New Product Research: A Dynamic Approach to Feature Prioritization
White Paper about Bracket™
Have you had this problem? You need to measure preference for the features in your product/service but there are just so many of them it seems like an impossible task. Using conventional approaches you would have asked about the importance of each feature on a scale. But we all know how that story goes. With no other constraints, respondents don't have an incentive to say that anything is unimportant. You could use constraint-based methods like constant sum scales, but cannot realistically deal with more than a handful of features at a time. Over the last few years, the most popular technique to address this kind of feature prioritization problem has been Max-Diff (see white paper on Max-Diff). But using Max-Diff when there are more than a dozen attributes becomes a real chore. So what can you do when you have dozens of features that need to be efficiently culled? Let's first start with a look at a standard Max-Diff approach.
A New Approach
Sounds like a winner, but how do we know that we are actually getting good quality data on the back end? We ran tests to confirm this and here is what we found.
A Bracket™ Example
The subject in this case was how movie-goers make decisions about which movie to see and where to see it. One can imagine many such factors: the stars, the director, the theater location, the show timing, etc. We imagined 18 of them and constructed a study where one cell of respondents was provided a standard Max-Diff task, while another cell was provided a Bracket™ task.
We know which profile options respondents picked in the holdout validation tasks in the study. Based on the individual level utilities (preferences for features) that we got from the analysis we can also make a prediction of which options they would pick. Comparing the two tells how well we did in estimating respondent preferences. So what did we find?
What we found surprised us. The validation hit rate for Max-Diff was 47% and for Bracket™ it was 45% (these numbers are in the expected range given the type of validation task and the domain). In other words, there was almost no difference between the more rigorous Max-Diff approach and the less rigorous, but more engaging, Bracket™ approach. How could this be? We further investigated the issue by examining carefully the information from each round of Bracket™ and found that information respondents provided in the very first round were highly useful. Think about that for a second. In the first round, respondents see each feature just once in random groupings of three. But the information they provide there, combined with the Hierarchical Bayesian analysis is capable of producing a very robust foundation on which the next two rounds can sit. This tells us that Bracket™ is capable of producing very nearly Max-Diff type information content.
As mentioned before, we deliberately set the test up to be fair to Max-Diff and therefore chose to use only 18 features. Our contention is that when there are far more features Bracket™ will be the only useable method as Max-Diff would be too tedious. This validation study, well, validates that notion by establishing the robustness of Bracket™. However, it also raises the question of whether Bracket™ could be used in cases where there are fewer features to test and we are hard pressed to argue against that.
We have applied this approach to several studies with feature sets varying from the teens to the fifties and have found it possible to elicit individual level preferences while keeping respondents engaged. We don't see why even larger feature sets cannot be practically prioritized.

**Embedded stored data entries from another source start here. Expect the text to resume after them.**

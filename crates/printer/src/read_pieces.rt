//! Pieces of a block's text: prefixes, numbers, powers and terms.
ghost use Rattle.std.specs.Prelude.{◌≡◌, ◌≤◌, ◌<◌, ◌^◌, ◌∷◌, IfSome, length, take};
ghost use Rattle.ps_model.specs.Names.{is_name_byte as is_byte_of_name};
ghost use Rattle.printer.specs.ReadForms.{Gives, strip as strip_text, up_to, digits_from};
ghost use Rattle.printer.specs.ReadForms.{number_in, exponent_in, behind_name as behind};
ghost use Rattle.printer.specs.ReadForms.{power_in, powers_in, term_in, IsNamed};

use ps_model::{NameView, PlainTerm};

/// What is behind this text, where the bytes begin with it.
pub fn strip<'a>(bytes: &'a [u8], text: &[u8]) -> Option<&'a [u8]>
    ensures { Gives (λ p. p.now) result (strip_text text.now bytes.now) }
{
    if bytes.len() < text.len() {
        return None;
    }
    for i in 0..text.len() {
        if bytes[i] != text[i] {
            return None;
        }
    }
    Some(&bytes[text.len()..])
}

/// The number of the digits that the bytes begin with, where it is at most the limit, and what is
/// behind them.
fn digits(bytes: &[u8], limit: u64) -> Option<(u64, &[u8])>
    ensures { Gives (λ p. (p.0, p.1.now)) result (up_to limit (digits_from 0 bytes.now)) }
{
    let most_before = limit / 10;
    let mut value = 0u64;
    let mut next = 0usize;
    while next < bytes.len() && bytes[next].is_ascii_digit() {
        if value > most_before {
            return None;
        }
        let digit = u64::from(bytes[next] - b'0');
        if digit > limit - 10 * value {
            return None;
        }
        value = 10 * value + digit;
        next += 1;
    }
    Some((value, &bytes[next..]))
}

/// A number from 1 up to the limit without leading zeros, and what is behind it.
#[tactic(auto, unfolding(crate::specs::ReadForms::number_in))]
pub fn number(bytes: &[u8], limit: u64) -> Option<(u64, &[u8])>
    ensures { Gives (λ p. (p.0, p.1.now)) result (number_in limit bytes.now) }
{
    if bytes.is_empty() || !bytes[0].is_ascii_digit() || bytes[0] == b'0' {
        return None;
    }
    digits(bytes, limit)
}

/// A power from 2 on, and what is behind it.
#[tactic(auto, unfolding(crate::specs::ReadForms::exponent_in))]
fn exponent(bytes: &[u8], limit: u64) -> Option<(u64, &[u8])>
    ensures { Gives (λ p. (p.0, p.1.now)) result (exponent_in limit bytes.now) }
{
    let (power, rest) = number(bytes, limit)?;
    if power < 2 {
        return None;
    }
    Some((power, rest))
}

fn is_name_byte(byte: u8) -> bool
    ensures { result ≡ is_byte_of_name byte }
{
    byte.is_ascii_alphanumeric() || byte == b'_'
}

/// The power of a name behind which `rest` is.
fn behind_name<'a>(bytes: &'a [u8], rest: &'a [u8], limit: u64) -> Option<(u64, &'a [u8])>
    ensures { Gives (λ p. (p.0, p.1.now)) result (behind limit bytes.now rest.now) }
{
    if rest.is_empty() {
        return Some((1, rest));
    }
    if is_name_byte(rest[0]) {
        return Some((0, bytes));
    }
    if rest[0] == b'^' {
        return exponent(&rest[1..], limit);
    }
    Some((1, rest))
}

/// What is behind `*` and a name, where the bytes begin with these.
fn strip_name<'a>(bytes: &'a [u8], name: &[u8]) -> Option<&'a [u8]>
    ensures { Gives (λ p. p.now) result (strip_text (42 ∷ name.now) bytes.now) }
{
    if bytes.is_empty() || bytes[0] != b'*' {
        return None;
    }
    strip(&bytes[1..], name)
}

/// The power of the variable with this name, and what is behind it.
#[tactic(auto, unfolding(crate::specs::ReadForms::power_in))]
fn power<'a>(bytes: &'a [u8], name: &[u8], limit: u64) -> Option<(u64, &'a [u8])>
    ensures { Gives (λ p. (p.0, p.1.now)) result (power_in limit name.now bytes.now) }
{
    let Some(rest) = strip_name(bytes, name) else {
        return Some((0, bytes));
    };
    behind_name(bytes, rest, limit)
}

/// The powers of the first names, and what is behind them.
fn powers<'a, N: NameView>(
    bytes: &'a [u8],
    names: &N,
    count: u32,
    limit: u64,
) -> Option<([u16; 8], &'a [u8])>
    requires few { count ≤ 8 }
    requires named { count ≤ length (N.names names.now) }
    requires small { limit < 2 ^ 15 }
    ensures read { Gives (λ p. (take count p.0, p.1.now)) result
        (powers_in limit (take count (N.names names.now)) bytes.now) }
    ensures past { IfSome result (λ p. IsNamed (take count (N.names names.now)) p.0) }
    ensures all { IfSome result (λ p. length p.0 ≡ 8) }
{
    let mut powers = [0u16; 8];
    let mut rest = bytes;
    for i in 0..count {
        let (power, behind) = power(rest, names.name(i).as_bytes(), limit)?;
        powers[i as usize] = power as u16;
        rest = behind;
    }
    Some((powers, rest))
}

/// The term that the bytes begin with, with this power of Y, and what is behind it.
#[tactic(auto, unfolding(crate::specs::ReadForms::term_in))]
pub fn term<'a, N: NameView>(
    bytes: &'a [u8],
    names: &N,
    count: u32,
    y: u32,
    most: u64,
    limit: u64,
) -> Option<(PlainTerm, &'a [u8])>
    requires few { count ≤ 8 }
    requires named { count ≤ length (N.names names.now) }
    requires small { limit < 2 ^ 15 }
    ensures read { Gives (λ p. ((p.0.coefficient, take count p.0.powers), p.1.now)) result
        (term_in most limit (take count (N.names names.now)) bytes.now) }
    ensures past { IfSome result (λ p. IsNamed (take count (N.names names.now)) p.0.powers) }
    ensures all { IfSome result (λ p. length p.0.powers ≡ 8) }
    ensures y { IfSome result (λ p. p.0.y ≡ y) }
{
    let (coefficient, rest) = number(bytes, most)?;
    let (powers, rest) = powers(rest, names, count, limit)?;
    Some((
        PlainTerm {
            powers,
            y,
            coefficient,
        },
        rest,
    ))
}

Another advantage we have learned by applying Bracket™ is that the tournament-based approach is particularly well suited in situations where the features are not well distinguished from each other. In such cases standard Max-Diff tasks become even more difficult for respondents, whereas Bracket™ tasks are well suited to help respondents focus on the most important ones. Consider message testing where many of the messages being tested may be only subtly different from each other. As we found out in a test, regular Max-Diff can lead to a confusing mess, whereas Bracket™ can provide quite clear results.
Feature prioritization is a very common new product research problem. However, as the number of features increases into the teens and beyond it becomes difficult to use state-of-the-art methods like Max-Diff without substantially increasing the tedium quotient of the study. Bracket™ is a tournament-based approach that produces Max-Diff like results and can easily prioritize fifty or more features.